As teorias de corporalidade e de partilha de substância como princípios organizadores
dos sistemas de parentesco ameríndios
Com a constatação de que os modelos antropológicos empregados para análise dos
sistemas de parentesco africanos, centrados nas idéias de descendência e linhagem, seriam
inadequados para compreendermos estes mesmos sistemas nas sociedades indígenas da
América do Sul4, a ênfase é deslocada dos modelos formais de estudo dos sistemas de
parentesco para o conteúdo que informa as relações entre parentes. Com isso, o corpo passa
a ser considerado uma categoria central para a compreensão dos sistemas de parentesco das
sociedades indígenas sul-americanas.
O modelo teórico sobre a corporalidade proposto por Seeger, A., Da Matta, R.,
Viveiros de Castro, E.B (1987), nos permite apreender os processos de formação e
construção do indivíduo enquanto pessoa social, considerando que a fabricação e a
modelagem do corpo são realizadas pela sociedade com o objetivo de construir a pessoa e
as identidades sociais (Viveiros de Castro,1987). As ideologias de corporalidade
constituem-se assim, em um idioma simbólico focal que atuam como princípios centrais da
organização social dos indígenas, na medida que operacionalizam e informam a práxis
social. Através das relações corporais a interação entre as pessoas é instrumentalizada.

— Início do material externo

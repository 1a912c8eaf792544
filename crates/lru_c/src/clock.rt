//! The clock for programs in C with threads: a shard of the cache of `lru_clock`, whose lock is the
//! caller's.
//!
//! Each thread has a reader, with which it pins entries and gives their pins back without the lock.
//! All calls that change the shard take its clock, under the lock. A pin is the place of its entry,
//! and any reader of the shard may give it back.
ghost use Rattle.std.specs.Prelude.{◌≡◌};
ghost use Rattle.lru_c.specs.Clocks.{tag_of as tag};

pub mod calls;
pub mod handles;
pub mod locked;
pub mod reader;
pub mod told;

use crate::words::key::Words;
use concurrent_lru::fit::Anything;
use lru_clock::clock_core::Core;

/// What the threads share of a shard.
pub type Entries = Core<Words, u64, Anything>;

// Returns the tag that the index has for a hash.
pub(crate) fn tag_of(hash: u64) -> u32
    ensures { result ≡ tag hash }
{
    (hash >> 32) as u32
}
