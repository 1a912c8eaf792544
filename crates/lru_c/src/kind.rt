//! The kinds of keys, as `lru.h` lists them.

/// Keys of bytes.
pub const BYTES: u32 = 0;
/// Keys of two words.
pub const WORDS: u32 = 1;
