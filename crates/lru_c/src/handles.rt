//! The handles by which C holds caches and chains.
ghost use Rattle.std.specs.Borrow.{sem};
ghost use Rattle.std.specs.Prelude.{◌≡◌, ◌==◌, Option, Some, is_some, true};
ghost use Rattle.lru_c.specs.Pointers.{HeldCache, HeldChain, cache_coded, cache_owns, chain_coded, chain_owns};

use crate::any_cache::AnyCache;
use crate::at::At;
use crate::chain::AnyChain;
use crate::handle::Handle;
use std::alloc::Global;
use std::marker::{Model, Send};

/// A pointer of C. If `held` is some, it owns that cache as a box does; otherwise it owns nothing.
#[repr(C)]
#[derive(Drop)]
pub struct CacheAt {
    at: *mut u8,
    alloc: Global,
    pub ghost held: { Option HeldCache } by { cache_coded },
}

impl Model for CacheAt {
    ghost also_owns = { λ c. cache_owns c.alloc c.at c.held };
}

// C makes one call at a time on a handle, from any thread.
unsafe impl Send for CacheAt {}

impl CacheAt {
    ghost use Rattle.lru_c.specs.PointerLends.{lends_cache};

    fn of(parts: At<AnyCache, Global>) -> CacheAt
        ensures { result.held ≡ parts.held }
    {
        let At { ptr, alloc } = parts;
        CacheAt {
            at: ptr as *mut u8,
            alloc,
        }
    }

    fn into_parts(self) -> At<AnyCache, Global>
        ensures { result.held ≡ self.held }
    {
        let CacheAt { at, alloc } = self;
        At {
            ptr: at as *mut AnyCache,
            alloc,
        }
    }

    // Borrows the cache that the pointer leads to.
    fn lend(&mut self) -> &mut AnyCache
        requires { is_some self.old.held ≡ true }
        ensures* writes_back { sem 𝓛 (lends_cache self.entry result) }
        ensures value { self.old.held ≡ Some result.now }
    {
        unsafe { &mut *(self.at as *mut AnyCache) }
    }
}

/// A cache as C holds it: a pointer, and a word by which a call can tell whether it is open. A
/// handle of all zeros is not open.
#[repr(C)]
#[derive(Drop)]
pub struct LruCache {
    /// The pointer, with what it owns.
    pub cache: CacheAt,
    /// 1 if the pointer owns a cache, otherwise 0. It is a word because a `bool` would be followed
    /// by padding, which is copied with the struct.
    pub is_open: u64,
    pub ghost agrees: { is_some cache.held ≡ (is_open == 1) },
}

impl Handle for LruCache {
    type To = AnyCache;

    ghost held = { λ h. h.cache.held };

    fn of_parts(at: At<AnyCache, Global>, is_open: bool) -> LruCache
        requires { is_some at.held ≡ is_open }
        ensures { result.cache.held ≡ at.held }
    {
        LruCache {
            cache: CacheAt::of(at),
            is_open: if is_open { 1 } else { 0 },
        }
    }

    fn into_parts(self) -> (At<AnyCache, Global>, bool)
        ensures held { result.0.held ≡ self.cache.held }
        ensures is_open { is_some result.0.held ≡ result.1 }
    {
        let LruCache { cache, is_open } = self;
        (cache.into_parts(), is_open == 1)
    }

    fn get_mut(&mut self) -> Option<&mut AnyCache> {
        if self.is_open == 1 {
            Some(self.cache.lend())
        } else {
            None
        }
    }
}

/// A pointer of C. If `held` is some, it owns that chain as a box does; otherwise it owns nothing.
#[repr(C)]
#[derive(Drop)]
pub struct ChainAt {
    at: *mut u8,
    alloc: Global,
    pub ghost held: { Option HeldChain } by { chain_coded },
}

impl Model for ChainAt {
    ghost also_owns = { λ c. chain_owns c.alloc c.at c.held };
}

// C makes one call at a time on a handle, from any thread.
unsafe impl Send for ChainAt {}

impl ChainAt {
    ghost use Rattle.lru_c.specs.PointerLends.{lends_chain};

    fn of(parts: At<AnyChain, Global>) -> ChainAt
        ensures { result.held ≡ parts.held }
    {
        let At { ptr, alloc } = parts;
        ChainAt {
            at: ptr as *mut u8,
            alloc,
        }
    }

    fn into_parts(self) -> At<AnyChain, Global>
        ensures { result.held ≡ self.held }
    {
        let ChainAt { at, alloc } = self;
        At {
            ptr: at as *mut AnyChain,
            alloc,
        }
    }

    // Borrows the chain that the pointer leads to.
    fn lend(&mut self) -> &mut AnyChain
        requires { is_some self.old.held ≡ true }
        ensures* writes_back { sem 𝓛 (lends_chain self.entry result) }
        ensures value { self.old.held ≡ Some result.now }
    {
        unsafe { &mut *(self.at as *mut AnyChain) }
    }
}

/// A chain as C holds it: a pointer, and a word by which a call can tell whether it is open. A
/// handle of all zeros is not open.
#[repr(C)]
#[derive(Drop)]
pub struct LruChain {
    /// The pointer, with what it owns.
    pub chain: ChainAt,
    /// 1 if the pointer owns a chain, otherwise 0. It is a word because a `bool` would be followed
    /// by padding, which is copied with the struct.
    pub is_open: u64,
    pub ghost agrees: { is_some chain.held ≡ (is_open == 1) },
}

impl Handle for LruChain {
    type To = AnyChain;

    ghost held = { λ h. h.chain.held };

    fn of_parts(at: At<AnyChain, Global>, is_open: bool) -> LruChain
        requires { is_some at.held ≡ is_open }
        ensures { result.chain.held ≡ at.held }
    {
        LruChain {
            chain: ChainAt::of(at),
            is_open: if is_open { 1 } else { 0 },
        }
    }

    fn into_parts(self) -> (At<AnyChain, Global>, bool)
        ensures held { result.0.held ≡ self.chain.held }
        ensures is_open { is_some result.0.held ≡ result.1 }
    {
        let LruChain { chain, is_open } = self;
        (chain.into_parts(), is_open == 1)
    }

    fn get_mut(&mut self) -> Option<&mut AnyChain> {
        if self.is_open == 1 {
            Some(self.chain.lend())
        } else {
            None
        }
    }
}
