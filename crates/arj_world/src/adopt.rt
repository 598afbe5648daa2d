// All nodes, as a run goes on from what their disks have.
ghost use Rattle.std.specs.Prelude.{◌≡◌, ◌≤◌, [], IfOk};
ghost use Rattle.arj_protocol.specs.World as protocol;
ghost use Rattle.arj_start.specs.Start.{Start};
ghost use Rattle.arj_world.specs.First.{AreAtRest};
ghost use Rattle.arj_world.specs.Stands.{Stands, hand};

use crate::World;
use crate::wire::Wire;
use arj_core::Core;
use arj_disk::{Disk, Rack};
use arj_journal::{Header, Label};
use std::alloc::{AllocError, Global};
use std::collections::{BTreeMap, BTreeSet};

impl<C: Core + Drop> World<C> {
    /// All nodes, each down over what its disk has, with no frame, in a run before which these labels were given. No disk is called.
    /// It is the world of each start whose disks these are.
    pub fn adopt<D: Disk>(
        alloc: Global,
        header: Header,
        given: BTreeSet<Label>,
        _rack: &Rack<D>,
    ) -> Result<World<C>, AllocError>
        requires least { 1 ≤ header.nodes }
        requires greatest { header.nodes ≤ 16 }
        ensures stands { IfOk result (λ world. (st : Start) → AreAtRest C.Core D.file header st given.keys _rack.now → Stands C.Core D.file (hand world _rack.now []) (protocol.world_from header st)) }
        ensures header { IfOk result (λ world. world.header ≡ header) }
    {
        let mut cores = Vec::new(alloc);
        for node in 0..header.nodes {
            cores.push(C::down(alloc, node + 1, &header)?)?;
        }
        Ok(World {
            alloc,
            header,
            cores,
            wire: Wire::new(alloc),
            labels: BTreeMap::new(alloc),
            given,
        })
    }
}
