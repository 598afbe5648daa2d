// The refusals that the world finds itself, before any node is asked.
ghost use Rattle.std.specs.Prelude.{◌≡◌, ◌≤◌, ◌==◌, ℕ, None, is_some, IfOk, OnErr, MatchOption};
ghost use Rattle.std.specs.List.{list_any};
ghost use Rattle.arj_journal.specs.declared.header.ObjectLine.{ObjectLine as object_line};
ghost use Rattle.arj_protocol.specs.Step.{class_at, first_reason};
ghost use Rattle.arj_protocol.specs.Words.{read_message};
ghost use Rattle.arj_protocol.specs.Words.event as events;
ghost use Rattle.arj_protocol.specs.World.{reads_whole, reasons};
ghost use Rattle.arj_protocol.specs.World as protocol;
ghost use Rattle.arj_world.specs.Arms.{arm_at};
ghost use Rattle.arj_world.specs.Stands.{Keeps};

use crate::World;
use arj_core::Core;
use arj_journal::{Event, FrameNo, Label, ObjectLine};
use arj_msg::{MsgFault, decode};
use std::alloc::{AllocError, Global};

// Whether bytes are a message.
fn is_message(alloc: Global, bytes: &[u8]) -> Result<bool, AllocError>
    ensures { IfOk result (λ is. is ≡ reads_whole (read_message bytes.now)) }
{
    match decode(alloc, bytes) {
        Ok(_) => Ok(true),
        Err(MsgFault::At(_)) => Ok(false),
        Err(MsgFault::Memory) => Err(AllocError),
    }
}

// Whether an object is among these.
fn has_line(objects: &[ObjectLine], x: u16) -> bool
    ensures { result ≡ list_any (λ (o : object_line). o.x == x) objects.now }
{
    objects.iter().any(|object| object.x == x)
}

impl<C: Core> World<C> {
    /// The node of this number, where there is one.
    pub(crate) fn node_in(&self, node: u32) -> Option<u8>
        ensures { MatchOption result (1 ≤ node → node ≤ self.now.header.nodes → ⊥) (λ n. (n ≡ node) × (1 ≤ n) × (n ≤ self.now.header.nodes)) }
    {
        if 1 <= node && node <= u32::from(self.header.nodes) {
            Some(node as u8)
        } else {
            None
        }
    }

    /// The number that a frame is asked for by.
    pub(crate) fn frame_number(&self, frame: FrameNo) -> u32
        ensures { (w : protocol.World) → Keeps C.Core self.now w → result ≡ protocol.frame_number frame w }
    {
        match frame {
            FrameNo::Number(k) => k,
            FrameNo::Last => self.wire.net.count(),
        }
    }

    // Whether a label was given in the run.
    fn is_given(&self, label: Label) -> bool
        ensures { (w : protocol.World) → Keeps C.Core self.now w → result ≡ protocol.is_given label w }
    {
        self.labels.contains_key(&label)
    }

    // Whether a label was given before the run began.
    fn was_given(&self, label: Label) -> bool
        ensures { (w : protocol.World) → Keeps C.Core self.now w → result ≡ protocol.was_given label w }
    {
        self.given.contains(&label)
    }

    // Whether a label was given, in the run or before it.
    fn is_known(&self, label: Label) -> bool
        ensures { (w : protocol.World) → Keeps C.Core self.now w → result ≡ protocol.is_known label w }
    {
        self.was_given(label) || self.is_given(label)
    }

    // Whether the header has an object.
    fn has_object(&self, x: u16) -> bool
        ensures { result ≡ is_some (class_at x self.now.header) }
    {
        has_line(self.header.objects.as_slice(), x)
    }

    fn begin_refusal(&self, label: Label, node: u32) -> Option<u8>
        ensures { (w : protocol.World) → Keeps C.Core self.now w → result ≡ first_reason (reasons (events.Begin label node) w) }
    {
        let Some(n) = self.node_in(node) else {
            return Some(1);
        };
        if !self.is_up(n) {
            return Some(2);
        }
        if self.is_known(label) { Some(4) } else { None }
    }

    fn inner_refusal(&self, label: Label, parent: Label) -> Option<u8>
        ensures { (w : protocol.World) → Keeps C.Core self.now w → result ≡ first_reason (reasons (events.BeginIn label parent) w) }
    {
        if self.is_known(label) {
            return Some(4);
        }
        self.label_refusal(parent)
    }

    fn label_refusal(&self, label: Label) -> Option<u8>
        ensures { (w : protocol.World) → Keeps C.Core self.now w → result ≡ first_reason (reasons (events.Commit label) w) }
    {
        if !self.is_known(label) {
            return Some(5);
        }
        if self.was_given(label) { Some(6) } else { None }
    }

    fn include_refusal(&self, label: Label, node: u32) -> Option<u8>
        ensures { (w : protocol.World) → Keeps C.Core self.now w → result ≡ first_reason (reasons (events.Include label 0 node) w) }
    {
        let Some(_n) = self.node_in(node) else {
            return Some(1);
        };
        self.label_refusal(label)
    }

    fn frame_refusal(&self, frame: FrameNo) -> Option<u8>
        ensures { (w : protocol.World) → Keeps C.Core self.now w → result ≡ first_reason (reasons (events.Deliver frame) w) }
    {
        let k = self.frame_number(frame);
        if self.wire.net.get(k).is_some() {
            None
        } else {
            Some(17)
        }
    }

    fn up_refusal(&self, node: u32) -> Option<u8>
        ensures { (w : protocol.World) → Keeps C.Core self.now w → result ≡ first_reason (reasons (events.Crash node) w) }
    {
        let Some(n) = self.node_in(node) else {
            return Some(1);
        };
        if self.is_up(n) { None } else { Some(2) }
    }

    fn down_refusal(&self, node: u32) -> Option<u8>
        ensures { (w : protocol.World) → Keeps C.Core self.now w → result ≡ first_reason (reasons (events.Restart node) w) }
    {
        let Some(n) = self.node_in(node) else {
            return Some(1);
        };
        if self.is_up(n) { Some(3) } else { None }
    }

    fn junk_refusal(&self, node: u32, bytes: &[u8]) -> Result<Option<u8>, AllocError>
        ensures { IfOk result (λ cause. (w : protocol.World) → Keeps C.Core self.now w → cause ≡ first_reason (reasons (events.Junk node bytes.now) w)) }
    {
        if self.node_in(node).is_none() {
            return Ok(Some(1));
        }
        if is_message(self.alloc, bytes)? {
            return Ok(Some(18));
        }
        Ok(None)
    }

    /// The cause for which the world refuses an event: the first that holds. It wants no memory for an event that arms a disk.
    pub(crate) fn refusal(&self, event: &Event) -> Result<Option<u8>, AllocError>
        ensures cause { IfOk result (λ cause. (w : protocol.World) → Keeps C.Core self.now w → cause ≡ first_reason (reasons event.now w)) }
        ensures memory { OnErr result ((n : ℕ) → arm_at n event.now ≡ None) }
    {
        match event {
            Event::Begin { label, node } => Ok(self.begin_refusal(*label, *node)),
            Event::Serial { label, node } => Ok(self.begin_refusal(*label, *node)),
            Event::BeginIn { label, parent } => Ok(self.inner_refusal(*label, *parent)),
            Event::Top { label, parent } => Ok(self.inner_refusal(*label, *parent)),
            Event::Call { label, .. } => Ok(self.label_refusal(*label)),
            Event::Include { label, node, .. } => Ok(self.include_refusal(*label, *node)),
            Event::Commit { label } => Ok(self.label_refusal(*label)),
            Event::Abort { label } => Ok(self.label_refusal(*label)),
            Event::GiveUp { label } => Ok(self.label_refusal(*label)),
            Event::Deliver { frame } => Ok(self.frame_refusal(*frame)),
            Event::Lose { frame } => Ok(self.frame_refusal(*frame)),
            Event::Tick { node } => Ok(self.up_refusal(*node)),
            Event::Settle => Ok(None),
            Event::Quiesce => Ok(None),
            Event::Crash { node } => Ok(self.up_refusal(*node)),
            Event::Restart { node } => Ok(self.down_refusal(*node)),
            Event::Stop { node, .. } => Ok(if self.node_in(*node).is_some() {
                None
            } else {
                Some(1)
            }),
            Event::Junk { node, bytes } => self.junk_refusal(*node, bytes.as_slice()),
            Event::Show { x } => Ok(if self.has_object(*x) { None } else { Some(13) }),
        }
    }
}
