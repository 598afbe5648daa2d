// The frames of a run, and the lines of the event in hand.
ghost use Rattle.std.specs.Prelude.{◌≡◌, ◌++◌, ◌∷◌, [], map, false, OnOk};
ghost use Rattle.arj_core.specs.Steps.{Sent, message_of, seen_of};
ghost use Rattle.arj_protocol.specs.World.{numbered};
ghost use Rattle.arj_world.specs.Wire.{AreFew, put_seen, shown};

use arj_base::Bytes;
use arj_core::{Output, Outputs};
use arj_journal::{Body, FrameKind, Line, Lines};
use arj_net::{Net, NetFault};
use std::alloc::{AllocError, Global};

/// The frames that were sent, the number of the event in hand, and whether a frame didn't fit.
#[derive(Drop)]
pub struct Wire {
    pub net: Net,
    pub event: u32,
    pub full: bool,
}

impl Wire {
    /// No frame, before the first event. It allocates nothing.
    pub fn new(alloc: Global) -> Wire
        ensures net { result.net ≡ [] }
        ensures event { result.event ≡ 0 }
        ensures full { result.full ≡ false }
    {
        Wire {
            net: Net::new(alloc),
            event: 0,
            full: false,
        }
    }

    /// Puts a line of the event in hand at the journal's end.
    pub fn say(&self, body: Body, journal: &mut Lines) -> Result<(), AllocError>
        ensures { OnOk result (journal.new ≡ journal.old ++ numbered self.now.event (body ∷ [])) }
    {
        journal.push(Line {
            event: self.event,
            body,
        })
    }

    /// Sends a message, and says so. One frame too many is lost.
    pub fn send(
        &mut self,
        from: u8,
        to: u8,
        kind: FrameKind,
        bytes: Bytes,
        journal: &mut Lines,
    ) -> Result<(), AllocError>
        ensures put { OnOk result (shown self.new journal.new ≡ put_seen from self.old.event (Sent to kind (message_of bytes) ∷ []) (shown self.old journal.old)) }
        ensures few { AreFew self.new.net }
        ensures event { self.new.event ≡ self.old.event }
    {
        match self.net.send(from, to, bytes) {
            Ok(frame) => self.say(
                Body::Sent {
                    frame,
                    from,
                    to,
                    kind,
                },
                journal,
            ),
            Err(NetFault::Full) => {
                self.full = true;
                Ok(())
            }
            Err(NetFault::Memory) => Err(AllocError),
        }
    }

    // Puts one thing that a node put out.
    fn put_one(&mut self, node: u8, output: Output, journal: &mut Lines) -> Result<(), AllocError>
        requires { AreFew self.old.net }
        ensures put { OnOk result (shown self.new journal.new ≡ put_seen node self.old.event (seen_of output ∷ []) (shown self.old journal.old)) }
        ensures few { AreFew self.new.net }
        ensures event { self.new.event ≡ self.old.event }
    {
        match output {
            Output::Say(body) => self.say(body, journal),
            Output::Send { to, kind, bytes } => self.send(node, to, kind, bytes, journal),
        }
    }

    /// Puts what a node put out: lines, and messages as frames with their lines.
    #[tactic(auto, using(crate::proofs::Wires::put_on, crate::proofs::Wires::put_all))]
    pub fn put(&mut self, node: u8, outputs: Outputs, journal: &mut Lines) -> Result<(), AllocError>
        requires { AreFew self.old.net }
        ensures put { OnOk result (shown self.new journal.new ≡ put_seen node self.old.event (map seen_of outputs) (shown self.old journal.old)) }
        ensures few { AreFew self.new.net }
        ensures event { self.new.event ≡ self.old.event }
    {
        for output in outputs.into_vec() {
            self.put_one(node, output, journal)?;
        }
        Ok(())
    }
}
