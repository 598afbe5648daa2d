// All nodes, as a run begins.
ghost use Rattle.std.specs.Prelude.{◌≡◌, ◌≤◌, ◌-◌, [], None, Some, IfOk, IsErrOf, All, slice_get};
ghost use Rattle.arj_disk.specs.declared.slot.Slot.{Slot};
ghost use Rattle.arj_journal.specs.ScriptForm.{HeaderInForm};
ghost use Rattle.arj_protocol.specs.World as protocol;
ghost use Rattle.arj_world.specs.Disks.{HasStopped, HaveMoved, HaveNotStopped};
ghost use Rattle.arj_world.specs.First.{Formatted};
ghost use Rattle.arj_world.specs.Stands.{Stands, hand};

use crate::wire::Wire;
use crate::{FormatFault, World};
use arj_core::{Core, CoreFault};
use arj_disk::{Disk, Rack};
use arj_journal::Header;
use std::alloc::Global;
use std::collections::{BTreeMap, BTreeSet};

// Formats a node over its empty disk.
#[tactic(auto, using(crate::proofs::Disks::moved_call, crate::proofs::Disks::stopped_at))]
fn format_node<C: Core, D: Disk>(
    alloc: Global,
    node: u8,
    header: &Header,
    rack: &mut Rack<D>,
) -> Result<C, FormatFault>
    requires least { 1 ≤ node }
    requires greatest { node ≤ header.now.nodes }
    requires form { HeaderInForm header.now }
    requires empty { (d : D) → slice_get rack.old (node - 1) ≡ Some d → (slot : Slot) → D.file d slot ≡ None }
    ensures formatted { IfOk result (λ core. Formatted C.Core D.file header.now node core rack.old rack.new) }
    ensures disks { HaveMoved D.Disk header.now.nodes [] rack.old rack.new }
    ensures stopped { IsErrOf result FormatFault.Stopped → HasStopped D.Disk rack.old rack.new }
    ensures unstopped { (IsErrOf result FormatFault.Stopped → ⊥) → HaveNotStopped D.Disk rack.old rack.new }
{
    match C::format(alloc, node, header, rack.disk(node)) {
        Ok(core) => Ok(core),
        Err(CoreFault::Halted) => Err(FormatFault::Stopped),
        Err(CoreFault::Memory) => Err(FormatFault::Memory),
    }
}

impl<C: Core + Drop> World<C> {
    /// All nodes over empty disks, up in incarnation 1, with the header's states and entries, no frame and no label. Stopped:
    /// a disk was stopped; at any other answer none was. No disk was armed, and those of no node are as they were.
    pub fn format<D: Disk>(
        alloc: Global,
        header: Header,
        rack: &mut Rack<D>,
    ) -> Result<World<C>, FormatFault>
        requires form { HeaderInForm header }
        requires empty { All (λ d. (slot : Slot) → D.file d slot ≡ None) rack.old }
        ensures stands { IfOk result (λ world. Stands C.Core D.file (hand world rack.new []) (protocol.format header)) }
        ensures disks { HaveMoved D.Disk header.nodes [] rack.old rack.new }
        ensures stopped { IsErrOf result FormatFault.Stopped → HasStopped D.Disk rack.old rack.new }
        ensures unstopped { (IsErrOf result FormatFault.Stopped → ⊥) → HaveNotStopped D.Disk rack.old rack.new }
    {
        let mut cores = Vec::new(alloc);
        for node in 0..header.nodes {
            cores.push(format_node(alloc, node + 1, &header, rack)?)?;
        }
        Ok(World {
            alloc,
            header,
            cores,
            wire: Wire::new(alloc),
            labels: BTreeMap::new(alloc),
            given: BTreeSet::new(alloc),
        })
    }
}
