//! What follows from the definitions over a journal alone: laws of the serial order, of nested actions, of what the next
//! commit changes, of two journals of which the second goes on where the first one ended, and of one that is shown with other numbers.
//!
//! It stands on `arj_model`. What it gives upward: whoever shows that a run keeps the lock book has shown that its journal is serial;
//! `joined_journals_stand_one_behind_the_other`, `joined_journals_keep_the_book`, `joined_journals_end_as_the_second`,
//! `joined_samples_end_so`, `shown_journals_are_alike`.
#![tactic(auto)]

mod joined;
mod shown;

pub use joined::{
    joined_journals_end_as_the_second, joined_journals_keep_the_book,
    joined_journals_stand_one_behind_the_other, joined_samples_end_so,
};
pub use shown::shown_journals_are_alike;
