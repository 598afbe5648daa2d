// Laws of journals that are shown with other numbers of events and frames.
ghost use Rattle.std.specs.Prelude.{◌≡◌, List, ℕ};
ghost use Rattle.arj_journal.specs.declared.body.Line.{Line};
ghost use Rattle.arj_journal.specs.declared.header.Header.{Header};
ghost use Rattle.arj_model.specs.Calls.{committed_calls, tops};
ghost use Rattle.arj_model.specs.Last.{entry_from, last_from, listed};
ghost use Rattle.arj_model.specs.Nested.{nested_calls};
ghost use Rattle.arj_model.specs.Serial.{serial_calls};
ghost use Rattle.arj_model.specs.Shown.{shown_lines};
ghost use Rattle.arj_start.specs.Start.{Marks, Start};

/// A journal whose lines are shown with the numbers of events and frames raised, as where a run goes on behind earlier ones, has the same
/// calls and tops that count, the same serial and nested order, and the same last states, stores and entries. It does nothing when it runs.
pub fn shown_journals_are_alike()
    ensures calls { (st : Start) (lines : List Line) → committed_calls (shown_lines st lines) ≡ committed_calls lines }
    ensures tops { (st : Start) (lines : List Line) → tops (shown_lines st lines) ≡ tops lines }
    ensures serial { (st : Start) (lines : List Line) → serial_calls (shown_lines st lines) ≡ serial_calls lines }
    ensures nested { (st : Start) (lines : List Line) → nested_calls (shown_lines st lines) ≡ nested_calls lines }
    ensures state { (st : Start) (header : Header) (marks : Marks) (lines : List Line) (x : ℕ) → last_from header marks (shown_lines st lines) x ≡ last_from header marks lines x }
    ensures listed { (st : Start) (header : Header) (lines : List Line) (x : ℕ) → listed header (shown_lines st lines) x ≡ listed header lines x }
    ensures entry { (st : Start) (header : Header) (marks : Marks) (lines : List Line) (x : ℕ) → entry_from header marks (shown_lines st lines) x ≡ entry_from header marks lines x }
{}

Estes autores postulam a tese da existência de uma fisiologia dos fluidos corporais –
sangue, sêmen – e dos processos de comunicação do corpo com o mundo (alimentação,
sexualidade, fala e demais sentidos) que subjazem às variações de organização sociais nas
sociedades indígenas sul-americanas, ou seja, há uma ordenação da vida social através de
uma linguagem do corpo. O corpo assim constitui-se no lugar onde se articulam as
diferentes instâncias que compõe a pessoa: nome e substância, alma e sangue.
No contexto dos estudos dos sistemas de parentesco o processo de fabricação e
modelagem do corpo tem como resultado a construção da ‘pessoa aparentada’. Através das
4 Nesse sentido, o estudo de Roberto da Matta “The Apinayé relationship system: terminology and ideology”
(1979) faz referência aos estudos de Nimuendajú sobre a organização social Apinayé, por exemplo, e a sua
constatação de que a organização social desta sociedade, e isso podemos estender para as sociedades
indígenas da América do Sul, apresentaria uma certa anomalia e um cento amorfismo por não se encaixarem
nos modelos clássicos e eurocêntricos de estudos de parentesco.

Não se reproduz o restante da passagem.